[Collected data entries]
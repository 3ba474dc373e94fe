// Document 00's demands, as theorems and without functions. Demand 1: proofs/Refusals, for the index
// answers/proofs/IndexRefusals. Demand 2: Acceptance, Registers, RoundTrips. Demand 3: LeastBodies. Document 02, ticket
// 3: Damage. An answer's refusal is its outcome's: Answers.
#![tactic(auto)]
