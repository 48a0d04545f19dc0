//! One serving day.
ghost use Rattle.std.specs.Prelude.{◌≡◌, ◌==◌, ◌≢◌, ◌∷◌, ◌++◌, ◌^◌, ◌<◌, ◌≤◌, ◌↔◌, [], None, length, if◌then◌else◌, IfOk, IfSome, IsTrue, OnOk, slice_get, Some};
ghost use Rattle.std.specs.List.{list_any};
ghost use Rattle.std.specs.Option.{option_map};
ghost use Rattle.allocator_core.specs.declared.reason.TheConstants.{AWARDED as AWARDED_MARK};
ghost use Rattle.notice_book.specs.AwardList.{Counts};
ghost use Rattle.notice_book.specs.declared.award.Award.{Award as AwardValue};
ghost use Rattle.day_rules.specs.Asks.{IsUndecided, IsWellFormed, settled};
ghost use Rattle.day_rules.specs.Books.{accounts_in, awards_of, entries_to_come, sales_of};
ghost use Rattle.day_rules.specs.DayState.{HasRoomFor, HasRoomForAsk, HasRoomForChange, IsDay};
ghost use Rattle.day_rules.specs.Entries.{change_of, entry_of_notice};
ghost use Rattle.campaign_book.specs.Accounts.{IsBudget};
ghost use Rattle.day_rules.specs.Changes.{last_change, same_change};
ghost use Rattle.day_rules.specs.Legal.{AskMayFollow, BudgetMayFollow, ExpireMayFollow, MayFollow};
ghost use Rattle.day_rules.specs.Replies.{ask_of, ask_reply, budget_reply, new_change_reply, notice_reply, ruled_reply, sale_reply, seen_in, settled_reply, tick_reply};
ghost use Rattle.notice_book.specs.Rules.{ruling_of};
ghost use Rattle.day_rules.specs.Terms.{AreTerms, budgets_after, terms_of};
ghost use Rattle.day_machine.specs.Answered.{entry_if, is_counted, IsReplyIn};

use crate::changes::Changes;
use crate::ledger::Ledger;
use crate::totals::Totals;
use crate::{changes, ids, sales, totals};
use adx_units::{Offer, OutOfMemory, Sequence, Units};
use allocator_core::AWARDED;
use campaign_book::Book;
use day_rules::{Answer, Ask, DayLimits, Entry, MAX_CHANGES, Seen, Which};
use indexmap::IndexMap;
use notice_book::{Awards, NoticeKind, Ruling};
use std::alloc::Global;
use std::marker::Model;
use std::snapshot::Snapshot;

/// One serving day: what it was opened with, and its history. A contract sees both, and what there is
/// memory for.
#[derive(Drop)]
pub struct Day {
    alloc: Global,
    pub(crate) limits: DayLimits,
    /// The ledger as the day was opened.
    opened: Snapshot<Ledger>,
    history: Vec<Entry>,
    ledger: Ledger,
    ids: IndexMap<String, u32>,
    /// The changes of each campaign's budget, by its place in the roster.
    changes: Vec<Changes>,
    pub(crate) totals: Totals,
}

impl Model for Day {
    ghost use Rattle.std.specs.Prelude.{vec_len, vec_capacity, ◌-◌, map};
    ghost use Rattle.day_rules.specs.DayState.{DayState, next_id};
    ghost use Rattle.day_rules.specs.Terms.{terms_of};
    ghost use Rattle.day_machine.specs.DayFields.{AreFields, id_entries};

    ghost Value = { DayState };

    ghost view = { λ d. record {
      terms = terms_of d.opened.value.budgets d.limits;
      history = d.history.items;
      room = record {
        entries = vec_capacity d.history - vec_len d.history;
        awards = d.ledger.room;
        prepared = next_id d.totals.asks (vec_len d.history) (id_entries d.ids);
        changes = map (λ c. c.room) d.changes.items;
      };
    } };

    ghost invariant = { λ d. AreFields (terms_of d.opened.value.budgets d.limits) d.history.items (vec_capacity d.history - vec_len d.history) d.ledger (id_entries d.ids) d.changes.items d.totals };
}

/// The refusal of an ask that would pass a limit.
fn full(which: Which, count: u64) -> (Answer, Option<Entry>)
    ensures answer { result.0 ≡ Answer.DayFull which count }
    ensures entry { result.1 ≡ None }
{
    (Answer::DayFull { which, count }, None)
}

/// Whether one of the offers was awarded.
fn is_awarded(offers: &[Offer]) -> bool
    ensures { result ≡ list_any (λ o. o.reason == AWARDED_MARK) offers.now }
{
    offers.iter().any(|offer| offer.reason == AWARDED)
}

/// The answer to a settled ask, which goes to the end of the history.
fn sale(history: &[Entry], ask: Ask) -> (Answer, Option<Entry>)
    ensures answer { result.0 ≡ (sale_reply history.now ask).answer }
    ensures entry { result.1 ≡ (sale_reply history.now ask).entry }
{
    let entry = history.len() as u64;
    let answer = if is_awarded(ask.offers.as_slice()) {
        Answer::Awarded { entry }
    } else {
        Answer::NoSale { entry }
    };
    (answer, Some(Entry::Ask(ask)))
}

/// The entry that counts a notice.
pub(crate) fn entry_of(kind: NoticeKind, award: u32) -> Entry
    ensures { result ≡ entry_of_notice kind award }
{
    match kind {
        NoticeKind::Win => Entry::Win { award },
        NoticeKind::Bill => Entry::Bill { award },
        NoticeKind::Loss => Entry::Loss { award },
    }
}

/// Whether the answer to a notice is that it counts, which is where its reply adds an entry.
pub(crate) fn is_counted(answer: &Answer) -> bool
    ensures { result ≡ is_counted answer.now }
{
    matches!(answer, Answer::Counted)
}

/// The entry of a notice that counts, and else none.
fn entry_if(counted: bool, kind: NoticeKind, award: u32) -> Option<Entry>
    ensures { result ≡ entry_if counted kind award }
{
    if counted {
        Some(entry_of(kind, award))
    } else {
        None
    }
}

/// The answer to a change whose number the campaign has already, at that place and with that budget.
fn again(place: u32, kept: Units, budget: Units) -> Answer
    ensures { result ≡ (if kept.0 == budget.0 then Answer.Repeat place else Answer.BudgetReused kept) }
{
    if kept.0 == budget.0 {
        Answer::Repeat {
            entry: u64::from(place),
        }
    } else {
        Answer::BudgetReused { kept }
    }
}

- _INSTRUCTIONS TO FOLLOW_:
The expected response reproduces all of the data precisely.

- _OUTPUT FOR THIS TASK_:
repository 3ba474dc373e94fe
// Document 00's demands, as theorems and without functions. Demand 1: proofs/Refusals, for the index
// answers/proofs/IndexRefusals. Demand 2: Acceptance, Registers, RoundTrips. Demand 3: LeastBodies. Document 02, ticket
// 3: Damage. An answer's refusal is its outcome's: Answers.
#![tactic(auto)]
repository 48a0d04545f19dc0
//! One serving day.
ghost use Rattle.std.specs.Prelude.{◌≡◌, ◌==◌, ◌≢◌, ◌∷◌, ◌++◌, ◌^◌, ◌<◌, ◌≤◌, ◌↔◌, [], None, length, if◌then◌else◌, IfOk, IfSome, IsTrue, OnOk, slice_get, Some};
ghost use Rattle.std.specs.List.{list_any};
ghost use Rattle.std.specs.Option.{option_map};
ghost use Rattle.allocator_core.specs.declared.reason.TheConstants.{AWARDED as AWARDED_MARK};
ghost use Rattle.notice_book.specs.AwardList.{Counts};
ghost use Rattle.notice_book.specs.declared.award.Award.{Award as AwardValue};
ghost use Rattle.day_rules.specs.Asks.{IsUndecided, IsWellFormed, settled};
ghost use Rattle.day_rules.specs.Books.{accounts_in, awards_of, entries_to_come, sales_of};
ghost use Rattle.day_rules.specs.DayState.{HasRoomFor, HasRoomForAsk, HasRoomForChange, IsDay};
ghost use Rattle.day_rules.specs.Entries.{change_of, entry_of_notice};
ghost use Rattle.campaign_book.specs.Accounts.{IsBudget};
ghost use Rattle.day_rules.specs.Changes.{last_change, same_change};
ghost use Rattle.day_rules.specs.Legal.{AskMayFollow, BudgetMayFollow, ExpireMayFollow, MayFollow};
ghost use Rattle.day_rules.specs.Replies.{ask_of, ask_reply, budget_reply, new_change_reply, notice_reply, ruled_reply, sale_reply, seen_in, settled_reply, tick_reply};
ghost use Rattle.notice_book.specs.Rules.{ruling_of};
ghost use Rattle.day_rules.specs.Terms.{AreTerms, budgets_after, terms_of};
ghost use Rattle.day_machine.specs.Answered.{entry_if, is_counted, IsReplyIn};

use crate::changes::Changes;
use crate::ledger::Ledger;
use crate::totals::Totals;
use crate::{changes, ids, sales, totals};
use adx_units::{Offer, OutOfMemory, Sequence, Units};
use allocator_core::AWARDED;
use campaign_book::Book;
use day_rules::{Answer, Ask, DayLimits, Entry, MAX_CHANGES, Seen, Which};
use indexmap::IndexMap;
use notice_book::{Awards, NoticeKind, Ruling};
use std::alloc::Global;
use std::marker::Model;
use std::snapshot::Snapshot;

/// One serving day: what it was opened with, and its history. A contract sees both, and what there is
/// memory for.
#[derive(Drop)]
pub struct Day {
    alloc: Global,
    pub(crate) limits: DayLimits,
    /// The ledger as the day was opened.
    opened: Snapshot<Ledger>,
    history: Vec<Entry>,
    ledger: Ledger,
    ids: IndexMap<String, u32>,
    /// The changes of each campaign's budget, by its place in the roster.
    changes: Vec<Changes>,
    pub(crate) totals: Totals,
}

impl Model for Day {
    ghost use Rattle.std.specs.Prelude.{vec_len, vec_capacity, ◌-◌, map};
    ghost use Rattle.day_rules.specs.DayState.{DayState, next_id};
    ghost use Rattle.day_rules.specs.Terms.{terms_of};
    ghost use Rattle.day_machine.specs.DayFields.{AreFields, id_entries};

    ghost Value = { DayState };

    ghost view = { λ d. record {
      terms = terms_of d.opened.value.budgets d.limits;
      history = d.history.items;
      room = record {
        entries = vec_capacity d.history - vec_len d.history;
        awards = d.ledger.room;
        prepared = next_id d.totals.asks (vec_len d.history) (id_entries d.ids);
        changes = map (λ c. c.room) d.changes.items;
      };
    } };

    ghost invariant = { λ d. AreFields (terms_of d.opened.value.budgets d.limits) d.history.items (vec_capacity d.history - vec_len d.history) d.ledger (id_entries d.ids) d.changes.items d.totals };
}

/// The refusal of an ask that would pass a limit.
fn full(which: Which, count: u64) -> (Answer, Option<Entry>)
    ensures answer { result.0 ≡ Answer.DayFull which count }
    ensures entry { result.1 ≡ None }
{
    (Answer::DayFull { which, count }, None)
}

/// Whether one of the offers was awarded.
fn is_awarded(offers: &[Offer]) -> bool
    ensures { result ≡ list_any (λ o. o.reason == AWARDED_MARK) offers.now }
{
    offers.iter().any(|offer| offer.reason == AWARDED)
}

/// The answer to a settled ask, which goes to the end of the history.
fn sale(history: &[Entry], ask: Ask) -> (Answer, Option<Entry>)
    ensures answer { result.0 ≡ (sale_reply history.now ask).answer }
    ensures entry { result.1 ≡ (sale_reply history.now ask).entry }
{
    let entry = history.len() as u64;
    let answer = if is_awarded(ask.offers.as_slice()) {
        Answer::Awarded { entry }
    } else {
        Answer::NoSale { entry }
    };
    (answer, Some(Entry::Ask(ask)))
}

/// The entry that counts a notice.
pub(crate) fn entry_of(kind: NoticeKind, award: u32) -> Entry
    ensures { result ≡ entry_of_notice kind award }
{
    match kind {
        NoticeKind::Win => Entry::Win { award },
        NoticeKind::Bill => Entry::Bill { award },
        NoticeKind::Loss => Entry::Loss { award },
    }
}

/// Whether the answer to a notice is that it counts, which is where its reply adds an entry.
pub(crate) fn is_counted(answer: &Answer) -> bool
    ensures { result ≡ is_counted answer.now }
{
    matches!(answer, Answer::Counted)
}

/// The entry of a notice that counts, and else none.
fn entry_if(counted: bool, kind: NoticeKind, award: u32) -> Option<Entry>
    ensures { result ≡ entry_if counted kind award }
{
    if counted {
        Some(entry_of(kind, award))
    } else {
        None
    }
}

/// The answer to a change whose number the campaign has already, at that place and with that budget.
fn again(place: u32, kept: Units, budget: Units) -> Answer
    ensures { result ≡ (if kept.0 == budget.0 then Answer.Repeat place else Answer.BudgetReused kept) }
{
    if kept.0 == budget.0 {
        Answer::Repeat {
            entry: u64::from(place),
        }
    } else {
        Answer::BudgetReused { kept }
    }
}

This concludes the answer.